I tak oto my - gajdzińscy globtroterzy zakochani w Japonii - powróciliśmy do Mitaki oraz mieszczącego się w niej Muzeum Ghibli, kompleksu rozrywkowego, stworzonego z myślą o wszystkich miłośnikach niezwykłych produkcji filmowych ze sławnego Studia Ghibli. Ci z was, którzy śledzą naszą filmową serię, wiedzą że jest to nasza druga wizyta zarówno w Mitace, jak i w tym niezwykłym miejscu zwanym "muzeum", choć jego klimat i forma dalece odbiegają od tego, co zwykliśmy takim mianem nazywać.
Muzeum Ghibli zaprojektował sam Hayao Miyazaki i faktycznie niezwykły klimat jego filmów towarzyszy nam również w czasie wizyty w tym niezwykłym miejscu. Jak zwykle ubolewam nad faktem, iż mogę wam pokazać tylko zewnętrzną część Muzeum Ghibli, gdyż wewnątrz panuje całkowity zakaz używania kamer i aparatów. Tak czy owak mam gorącą nadzieję, że choć trochę uda mi się przybliżyć wam to miejsce i zachęcić was do jego odwiedzenia.

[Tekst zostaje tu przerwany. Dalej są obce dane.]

// Save and restore: refusals 13 and 15 to 18, and the register record.
use super::bench::{
    MEMORY, RECORD, ends, over, recorded, scene, seen_first, terms, told, unchanged,
};
use engine::{Refusal, State, Told};
use std::test::Fail;
use store::CellAddress;

// The record with another byte at an offset.
fn changed(at: usize, byte: u8) -> [u8; 29] {
    let mut bytes = RECORD;
    if let Some(place) = bytes.get_mut(at) {
        *place = byte;
    }
    bytes
}

// A new worker with entry 5.
#[test]
fn bytes_after_a_record_stay(rt: HostRuntime) -> Result<(), Fail> {
    let mut installation = over(rt.alloc(), &[0; 8])?;
    assert_eq!(rt; installation.admit(0, CellAddress(0), terms(8, 5)), Ok(()));
    let mut buffer = [0xaa; 33];
    assert_eq!(rt; installation.save(0, &mut buffer), Ok(()));
    assert_eq!(rt;
        buffer,
        [
            0x00, 0x1b, 0x01, 0x00, 0x00, 0x00, 0x00, 0x00, 0x00, 0x00, 0x00, 0x00, 0x00, 0x00,
            0x00, 0x00, 0x00, 0x00, 0x00, 0x00, 0x00, 0x00, 0x00, 0x00, 0x00, 0x00, 0x00, 0x00,
            0x05, 0xaa, 0xaa, 0xaa, 0xaa
        ]
    );
    assert_eq!(rt; installation.tell(0), Ok(told(State::Ready, 0, 0, 5)));
    Ok(())
}

// Each is tried before the version and the fields.
// From P on downwards each field is made too wide, and the last made is the first in the record.
#[test]
fn the_first_wide_field_is_told(rt: HostRuntime) -> Result<(), Fail> {
    let mut bytes = changed(26, 0x02);
    for at in [23, 21, 19, 17, 15, 13, 11, 7, 3] {
        if let Some(place) = bytes.get_mut(at as usize) {
            *place = 0xff;
        }
        let mut scene = scene(&rt)?;
        assert_eq!(rt;
            scene.restore(6, &bytes),
            Err(Refusal::FieldTooWide(at)),
            "{at}"
        );
        unchanged(&rt, scene)?;
    }
    Ok(())
}

// Nothing of what follows the 29 bytes counts. All registers change, and its words stay.
#[test]
fn a_held_worker_is_ready_when_restored(rt: HostRuntime) -> Result<(), Fail> {
    let mut longer = [0xff; 40];
    longer[..29].copy_from_slice(&changed(28, 0x03));
    let mut scene = scene(&rt)?;
    assert_eq!(rt; scene.restore(6, &longer), Ok(()));
    let mut seen = seen_first();
    seen.told[6] = Ok(Told {
        state: State::Ready,
        registers: recorded(3),
    });
    ends(&rt, scene, seen, &MEMORY)
}

// A record is a worker's no more than another's: the held worker's makes the other go on at 1, from A = 0.
// P is not tried against the length.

Prace nad projektem Muzeum Ghibli rozpoczęto w roku 1998, prace budowlane wystartowały w marcu 2000, a całość ukończono w październiku roku następnego. Jak twierdzi Hayao Miyazaki, miejsce to zostało stworzone w taki sposób, aby było "interesujące i relaksujące dla duszy". Czy takie właśnie jest, to już musicie ocenić sami. Faktem jest natomiast, że miejsce to wydaje się być stworzone przede wszystkim z myślą o najmłodszych, jednak z drugiej strony oficjalne hasło Muzeum Ghibli, brzmiące: "Zatraćmy się wspólnie w naszym dzieciństwie" zdaje się temu przeczyć i jeśli dodamy do tego obecność kawiarni oraz często bardzo kosztownych i przeznaczonych dla dorosłego odbiorcy gadżetów, dostępnych w firmowym sklepie, można z tego wyciągnąć wniosek, że miejsce to ma mieć w domyśle raczej charakter familijny. I chyba w sumie tak właśnie jest.
Klimat i wygląd całego kompleksu został zainspirowany niezwykłą, wręcz bajeczną, położoną na wzgórzu, włoską wioską Calcata, której wygląd nie przypomina niczego, co dotąd widzieliście w realnym świecie. Aż trudno uwierzyć, że takie miejsce istnieje naprawdę. Nic zatem dziwnego, że Hayao Miyazaki właśnie tam znalazł natchnienie, myśląc o stworzeniu swojego "rodzinnego muzeum".
Atrakcje dostępne wewnątrz Muzeum Ghibli, to z kolei zupełnie osobna sprawa. Pomijając samą architekturę i wystój, które przywodzą chwilami na myśl wnętrza bajkowego zamku, znajdziemy tam m.in. bazujące na złudzeniach optycznych maszynerie, przepięknie stylizowaną pracownię mistrza Miyazakiego, wiele ciekawostek w postaci mini wystaw i dziwnych urządzeń, a także kino w którym możemy obejrzeć krótkie produkcje animowane stworzone w Studiu Ghibli, niedostępne nigdzie indziej. Warto tu wspomnieć, że wstęp do kina jest osobno płatny. Coś jeszcze? A, tak. Wielki pluszowy Kocibus w którym poskakać sobie mogą tylko najmłodsi, co osobiście uważam za dyskryminację wiekową. I w tym miejscu wielce obrażony kończę i zapraszam na film.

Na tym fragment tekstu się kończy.